- [What you are asked to do]
Using the records below, locate all lines containing "MemoryAffinity" and return them.

───── Listed entries

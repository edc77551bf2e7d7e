// What a reader says of one record, by the record's bytes alone: its row, whether it is known, whether it is sound, and its list.
#![tactic(auto)]

ghost use Rattle.std.specs.Prelude.{◌≡◌};
ghost use Rattle.std.proofs.Math.Option.{none, some};
ghost use Rattle.format.specs.Bytes.{pick};
ghost use Rattle.format.specs.Table.{pptt, srat, hmat, cedt, revision};
ghost use Rattle.format.specs.Form.{byte, pair};
ghost use Rattle.format.specs.Row.{old_rintcs, rintcs, matrices, row_number, column, row_of, knows, known};
ghost use Rattle.format.specs.Read.{type_in, part_of};
ghost use Rattle.header.specs.Header.{meant};
ghost use Rattle.rows.specs.Rows.{meant_row, row_meant, sound_as};

use cedt::{CxlFixedMemory, CxlHostBridge, XorInterleaveMath};
use header::Table;
use hmat::{MemoryProximityDomain, MemorySideCache, SystemLocality, Width};
use pptt::{CacheNode, ProcessorNode};
use srat::{GenericInitiator, MemoryAffinity, OldRintcAffinity, RintcAffinity};

// The layout rows, in order.
#[derive(Clone, Copy)]
pub enum Row {
    Processors,
    Caches,
    Memories,
    Initiators,
    OldRintcs,
    Domains,
    // with counts that a recipe writes in this width
    Matrices(Width),
    Sides,
    Bridges,
    Windows,
    Xors,
    Rintcs,
}

impl Row {
    // The row's number, which is that of its bit in a reader's mask.
    fn number(self) -> u32
        ensures { result ≡ row_number (meant_row self) }
    {
        match self {
            Row::Processors => 0,
            Row::Caches => 1,
            Row::Memories => 2,
            Row::Initiators => 3,
            Row::OldRintcs => 4,
            Row::Domains => 5,
            Row::Matrices(Width::Byte) => 6,
            Row::Sides => 7,
            Row::Bridges => 8,
            Row::Windows => 9,
            Row::Xors => 10,
            Row::Rintcs => 11,
            Row::Matrices(Width::Pair) => 12,
        }
    }

    // Whether the mask has the row.
    fn in_mask(self, mask: u32) -> bool
        ensures { result ≡ knows mask (meant_row self) }
    {
        mask >> self.number() & 1 == 1
    }
}

// ---- which row

fn pptt_row(body: &[u8]) -> Option<Row>
    ensures { row_meant result ≡ row_of pptt (revision pptt) (type_in pptt body.now) body.now }
{
    match frames::short_type(body) {
        ProcessorNode::TYPE => ProcessorNode::fits(body).then_some(Row::Processors),
        CacheNode::TYPE => (body.len() == CacheNode::LEN).then_some(Row::Caches),
        _ => None,
    }
}

// Two rows have one type: the length tells them apart.
#[tactic(auto, unfolding(format::specs::Row::column))]
fn rintc_row(body: &[u8]) -> Option<Row>
    ensures { row_meant result ≡ pick (column old_rintcs body.now) (some old_rintcs) (pick (column rintcs body.now) (some rintcs) none) }
{
    if body.len() == OldRintcAffinity::LEN {
        return Some(Row::OldRintcs);
    }
    (body.len() == RintcAffinity::LEN).then_some(Row::Rintcs)
}

fn srat_row(body: &[u8]) -> Option<Row>
    ensures { row_meant result ≡ row_of srat (revision srat) (type_in srat body.now) body.now }
{
    match frames::short_type(body) {
        MemoryAffinity::TYPE => (body.len() == MemoryAffinity::LEN).then_some(Row::Memories),
        GenericInitiator::TYPE => (body.len() == GenericInitiator::LEN).then_some(Row::Initiators),
        RintcAffinity::TYPE => rintc_row(body),
        _ => None,
    }
}

// Two rows have one type: the counts tell them apart.
fn matrix_row(body: &[u8]) -> Option<Row>
    ensures { row_meant result ≡ pick (column (matrices byte) body.now) (some (matrices byte)) (pick (column (matrices pair) body.now) (some (matrices pair)) none) }
{
    if SystemLocality::fits(Width::Byte, body) {
        return Some(Row::Matrices(Width::Byte));
    }
    SystemLocality::fits(Width::Pair, body).then_some(Row::Matrices(Width::Pair))
}

fn hmat_row(body: &[u8]) -> Option<Row>
    ensures { row_meant result ≡ row_of hmat (revision hmat) (type_in hmat body.now) body.now }
{
    match frames::long_type(body) {
        MemoryProximityDomain::TYPE => (body.len() == MemoryProximityDomain::LEN).then_some(
            Row::Domains,
        ),
        SystemLocality::TYPE => matrix_row(body),
        MemorySideCache::TYPE => MemorySideCache::fits(body).then_some(Row::Sides),
        _ => None,
    }
}

fn cedt_row(body: &[u8]) -> Option<Row>
    ensures { row_meant result ≡ row_of cedt (revision cedt) (type_in cedt body.now) body.now }
{
    match frames::short_type(body) {
        CxlHostBridge::TYPE => CxlHostBridge::fits(body).then_some(Row::Bridges),
        CxlFixedMemory::TYPE => CxlFixedMemory::fits(body).then_some(Row::Windows),
        XorInterleaveMath::TYPE => XorInterleaveMath::fits(body).then_some(Row::Xors),
        _ => None,
    }
}

// The row that a record of a table of this revision matches.
pub fn row_of(table: Table, revision: u8, body: &[u8]) -> Option<Row>
    ensures { row_meant result ≡ row_of (meant table) revision (type_in (meant table) body.now) body.now }
{
    if revision != table.revision() {
        return None;
    }
    match table {
        Table::Pptt => pptt_row(body),
        Table::Srat => srat_row(body),
        Table::Hmat => hmat_row(body),
        Table::Cedt => cedt_row(body),
    }
}

// The row, where a reader of the mask knows it: the mask chooses between the row and none.
pub fn known(row: Option<Row>, mask: u32) -> Option<Row>
    ensures { row_meant result ≡ known mask (row_meant row) }
{
    row.filter(|row| row.in_mask(mask))
}

// ---- whether a record of a row is sound

// Whether zeros, fixed values, ranges, bit rules and inner counts are as the row has them; of an unknown record nothing is asked.
#[tactic(auto, using(crate::proofs::Laws::processor_fixed, crate::proofs::Laws::domain_fixed), unfolding(format::specs::Row::form_in))]
#[inline(always)]
pub fn sound(row: Option<Row>, body: &[u8]) -> bool
    ensures { result ≡ sound_as (row_meant row) body.now }
{
    let Some(row) = row else {
        return true;
    };
    match row {
        Row::Processors => ProcessorNode::is_fixed(body),
        Row::Caches => CacheNode::is_sound(body),
        Row::Memories => MemoryAffinity::is_sound(body),
        Row::Initiators => GenericInitiator::is_sound(body),
        Row::OldRintcs => OldRintcAffinity::is_sound(body),
        Row::Domains => MemoryProximityDomain::is_fixed(body),
        Row::Matrices(_) => SystemLocality::is_sound(body),
        Row::Sides => MemorySideCache::is_sound(body),
        Row::Bridges => CxlHostBridge::is_sound(body),
        Row::Windows => CxlFixedMemory::is_sound(body),
        Row::Xors => XorInterleaveMath::is_sound(body),
        Row::Rintcs => RintcAffinity::is_sound(body),
    }
}

// The part of a record that is its list, empty where the row has none; an unknown record whole.
#[tactic(auto, using(crate::proofs::Laws::no_handle_list), unfolding(format::specs::Read::part_of, format::specs::Read::list_in, format::specs::Row::form_in))]
pub fn part<'a>(row: Option<Row>, body: &'a [u8]) -> &'a [u8]
    ensures { result.now ≡ part_of (row_meant row) body.now }
{
    match row {
        Some(Row::Processors) => field::rest(body, ProcessorNode::LEN),
        Some(Row::Matrices(_)) => field::rest(body, SystemLocality::LEN),
        Some(Row::Sides) => field::rest(body, MemorySideCache::LEN),
        Some(Row::Windows) => field::rest(body, CxlFixedMemory::LEN),
        Some(Row::Xors) => field::rest(body, XorInterleaveMath::LEN),
        Some(_) => &body[..0],
        None => body,
    }
}
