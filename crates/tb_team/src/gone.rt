//! What a `go` did.

use crate::stop::Stop;
use tb_live::Live;

/// The run after a `go`, how many steps the workers took, and why no more.
#[derive(Drop)]
pub struct Gone {
    pub live: Live,
    pub count: u32,
    pub stop: Stop,
}
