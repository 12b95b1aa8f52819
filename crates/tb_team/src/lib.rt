//! A `go` of several workers: a run is lent to a team of threads, and what they did is looked through.
#![tactic(auto)]

mod gone;
mod lending;
mod looking;
mod losing;
mod lost;
mod open_gate;
mod several;
mod stop;
mod stopping;

pub use gone::Gone;
pub use lost::Lost;
pub use several::go_several;
pub use stop::Stop;
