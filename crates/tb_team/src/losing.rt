//! Gives up a run.

ghost use Rattle.std.specs.Prelude.{◌≡◌};

use crate::lost::Lost;
use tb_live::{Live, end};

/// Gives up a run that can't be given back, for this reason.
pub fn lose(live: Live, why: Lost) -> Lost
    ensures { result ≡ why }
{
    end(live);
    why
}
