//! Looks through what workers left.

ghost use Rattle.std.specs.Prelude.{◌≡◌, ◌-◌, ◌<◌, ◌≤◌, ◌↔◌, IsTrue, is_some, not, length, take, drop, get_or};
ghost use Rattle.std.specs.List.{list_all};
ghost use Rattle.tb_steps.specs.Entries.{Entry as Step};
ghost use Rattle.tb_live.specs.Breaks.{met};
ghost use Rattle.tb_live.specs.Session.{history};
ghost use Rattle.tb_journal.specs.Journals.{is_turn};
ghost use Rattle.tb_team.specs.Looking.{is_met, meets_newest, none_met, IsCourse};
ghost use Rattle.tb_work.specs.Changes.{entries};

use tb_core::History;
use tb_live::{Breakpoint, Live};
use tb_model::{Action, TaskName};

/// Whether a step of the task with this action meets a breakpoint. The task was at this line.
fn meets_some(points: &[Breakpoint], line: u32, task: &TaskName, action: &Action) -> bool
    ensures { result ≡ is_some (met line (record { task = task.now; action = action.now }) points.now) }
{
    for point in points {
        if point.at.meets(line, task, action) {
            return true;
        }
    }
    false
}

/// Whether the step at this index met a breakpoint, by its own record.
fn is_met(points: &[Breakpoint], steps: &History<'_>, at: usize) -> bool
    requires { at < length steps.now }
    ensures { (step : Step) → step ≡ get_or steps.now at step → result ≡ is_met points.now step }
{
    meets_some(points, steps.line(at), steps.task(at), steps.action(at))
}

/// Whether none of the steps from the one index on met a breakpoint, as far as the other.
fn none_met(points: &[Breakpoint], steps: &History<'_>, from: usize, to: usize) -> bool
    requires rises { from ≤ to }
    requires within { to ≤ length steps.now }
    ensures { result ≡ list_all (λ step. not (is_met points.now step)) (take (to - from) (drop from steps.now)) }
{
    for at in from..to {
        if is_met(points, steps, at) {
            return false;
        }
    }
    true
}

/// Whether the entries of the journal from the slot on are turns of so many workers.
fn are_turns_from(live: &Live, workers: u32, from: usize) -> bool
    requires { from ≤ length live.now.session.journal }
    ensures { result ≡ list_all (is_turn workers) (drop from (entries live.now.session)) }
{
    live.journal().are_turns(workers, from)
}

/// Whether none of so many of the newest steps met a breakpoint, the newest aside.
fn none_met_before(live: &Live, count: usize) -> bool
    requires { count ≤ length (history live.now.session) }
    ensures { result ≡ none_met live.now.session.program
        live.now.session.control.breakpoints.standing (count - 1) (drop 1 (history live.now.session)) }
{
    if count < 2 {
        return true;
    }
    let steps = live.core().legal_entries();
    let all = steps.len();
    none_met(live.breakpoints(), &steps, all - count, all - 1)
}

/// Whether the newest step met a breakpoint.
pub fn newest_is_met(live: &Live) -> bool
    ensures { result ≡ meets_newest live.now.session.program live.now.session.control.breakpoints.standing (history live.now.session) }
{
    let steps = live.core().legal_entries();
    let all = steps.len();
    if all == 0 {
        return false;
    }
    is_met(live.breakpoints(), &steps, all - 1)
}

/// Whether the entries from the slot on are turns of so many workers, and no step but the newest
/// met a breakpoint.
pub fn is_course(live: &Live, workers: u32, from: usize) -> bool
    requires { from ≤ length live.now.session.journal }
    ensures { IsTrue result ↔ IsCourse workers from live.now.session }
{
    if !are_turns_from(live, workers, from) {
        return false;
    }
    none_met_before(live, live.journal().len() - from)
}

──────────

- [Solution]
use srat::{GenericInitiator, MemoryAffinity, OldRintcAffinity, RintcAffinity};
        MemoryAffinity::TYPE => (body.len() == MemoryAffinity::LEN).then_some(Row::Memories),
        Row::Memories => MemoryAffinity::is_sound(body),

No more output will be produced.